Droit au capital décès
Publié le 14 janvier 2019 - Mis à jour le 21 mai 2019
Fiche pratique

L’octroi du capital décès au titre du régime spécial des fonctionnaires est soumis à plusieurs conditions (D. no 60-58, 11 janv. 1960, art. 7). Le fonctionnaire doit être décédé avant l’âge d’ouverture du droit à une pension de retraite fixé à l’article L. 161-17-2 du Code de la sécurité sociale. Au moment de son décès, il doit en outre occuper une position statutaire particulière. Il faut qu’il se trouve soit en activité, soit en détachement ou mis en disponibilité (CSS, art. D. 712-2 et D. 712-3). Les circonstances de la mort n’ont aucune incidence sur l’attribution du capital décès. Celui-ci est en principe égal à quatre fois le montant forfaitaire accordé en cas de décès d’un assuré du régime général (à savoir 13 600 €), quel que soit l’indice détenu par l’agent au jour de sa mort. Les indemnités perçues par le fonctionnaire ne sont pas prises en compte pour déterminer le montant du capital à verser.
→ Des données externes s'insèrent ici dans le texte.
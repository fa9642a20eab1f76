// The numbers of the bench's session.
ghost use Rattle.std.specs.Prelude.{◌≡◌};
ghost use Rattle.session_stages.specs.declared.Stage.TheVariants as stages;
ghost use Rattle.library_numbers.specs.Numbers.{bit, is_set, point_of, four_of, eight_of, rectangle_of, ellipse_of, slice_of, region_of, spot_of, stage_of, bench_of};

use crate::tallies::counts_of;
use crate::{Counts, Eight, Four, Shape, State};
use operator::Operator;
use region::{Ellipse, Rectangle, Region, Slice};
use ring::Point;
use session_stages::{Course, Parts, Stage};
use session_tallying::Tallied;

// 1 for yes: C has no `bool` of Rattle's, and a flag there is a byte.
pub fn flag(x: bool) -> u8
    ensures { result ≡ bit x }
{
    u8::from(x)
}

fn of_rectangle(x: Rectangle) -> Shape
    ensures { (result.kind ≡ 2) × (rectangle_of result ≡ x) }
{
    Shape {
        kind: 2,
        n: x.n,
        xl: x.xl,
        xh: x.xh,
        yl: x.yl,
        yh: x.yh,
        ..Shape::NONE
    }
}

fn of_ellipse(x: Ellipse) -> Shape
    ensures { (result.kind ≡ 3) × (ellipse_of result ≡ x) }
{
    Shape {
        kind: 3,
        n: x.n,
        cx: x.cx,
        cy: x.cy,
        p: x.p,
        q: x.q,
        r: x.r,
        s: x.s,
        ..Shape::NONE
    }
}

fn of_slice(x: Slice) -> Shape
    ensures { (result.kind ≡ 5) × (slice_of result ≡ x) }
{
    Shape {
        kind: 5,
        n: x.n,
        zx: x.zx,
        zy: x.zy,
        w: x.w,
        ..Shape::NONE
    }
}

// The numbers of a region.
pub fn shape_of(r: Region) -> Shape
    ensures { region_of result ≡ r }
{
    match r {
        Region::Rectangle(x) => of_rectangle(x),
        Region::Ellipse(x) => of_ellipse(x),
        Region::Slice(x) => of_slice(x),
    }
}

// A place of the walk.
#[derive(Clone, Copy)]
pub struct Place {
    pub ended: u8,
    pub v: Four,
}

// The numbers of a point.
pub fn four_of(v: Point) -> Four
    ensures { result ≡ four_of v }
{
    Four {
        a: v.a,
        b: v.b,
        c: v.c,
        d: v.d,
    }
}

// The numbers of an operator.
pub fn eight_of(g: Operator) -> Eight
    ensures { result ≡ eight_of g }
{
    Eight {
        a: g.a,
        b: g.b,
        c: g.c,
        d: g.d,
        ai: g.ai,
        bi: g.bi,
        ci: g.ci,
        di: g.di,
    }
}

// The numbers of a place.
pub fn spotted(p: Option<Point>) -> Place
    ensures { spot_of result.ended (point_of result.v) ≡ p }
{
    match p {
        Some(v) => Place {
            ended: 0,
            v: four_of(v),
        },
        None => Place {
            ended: 1,
            v: Four::NONE,
        },
    }
}

fn early(p: Parts, counts: Counts) -> State
    ensures { (stage_of result ≡ stages.Early p) × (result.tally ≡ counts) }
{
    match p {
        Parts::Nothing => part(0, 0, false, Shape::NONE, counts),
        Parts::Scaled(k) => part(1, k, false, Shape::NONE, counts),
        Parts::Selected(k, all) => part(2, k, all, Shape::NONE, counts),
        Parts::First(k, all, a) => part(3, k, all, shape_of(a), counts),
    }
}

// A job that is not whole.
fn part(stage: u8, k: u8, all: bool, a: Shape, counts: Counts) -> State
    ensures { (result.stage ≡ stage) × (result.k ≡ k) × (is_set result.all ≡ all) × (result.a ≡ a) × (result.tally ≡ counts) }
{
    State {
        stage,
        k,
        all: flag(all),
        ended: 0,
        a,
        b: Shape::NONE,
        spot: Four::NONE,
        operator: Eight::NONE,
        tally: counts,
    }
}

fn walking(c: Course, counts: Counts) -> State
    ensures { (stage_of result ≡ stages.Walking c) × (result.tally ≡ counts) }
{
    let p = spotted(c.spot);
    State {
        stage: 4,
        k: c.job.k,
        all: flag(c.job.all),
        ended: p.ended,
        a: shape_of(c.job.a),
        b: shape_of(c.job.b),
        spot: p.v,
        operator: eight_of(c.operator),
        tally: counts,
    }
}

// The numbers of a session with its tally.
pub fn state_of(b: Tallied) -> State
    ensures { bench_of result ≡ b }
{
    let counts = counts_of(b.tally);
    match b.session.stage {
        Stage::Early(p) => early(p, counts),
        Stage::Walking(c) => walking(c, counts),
    }
}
À ce montant initial peut s’ajouter une majoration, elle aussi forfaitaire, au profit des enfants du fonctionnaire décédé, s’ils sont appelés à percevoir ou à se partager ce capital. Cette majoration est calculée à raison des trois centièmes du traitement annuel brut soumis à retenue pour pension afférent à l’indice net 450 (indice brut 585). Le bénéfice de la majoration est également ouvert aux enfants légitimes ou naturels reconnus, nés viables dans les trois cents jours du décès du fonctionnaire (CSS, art. D. 712-21).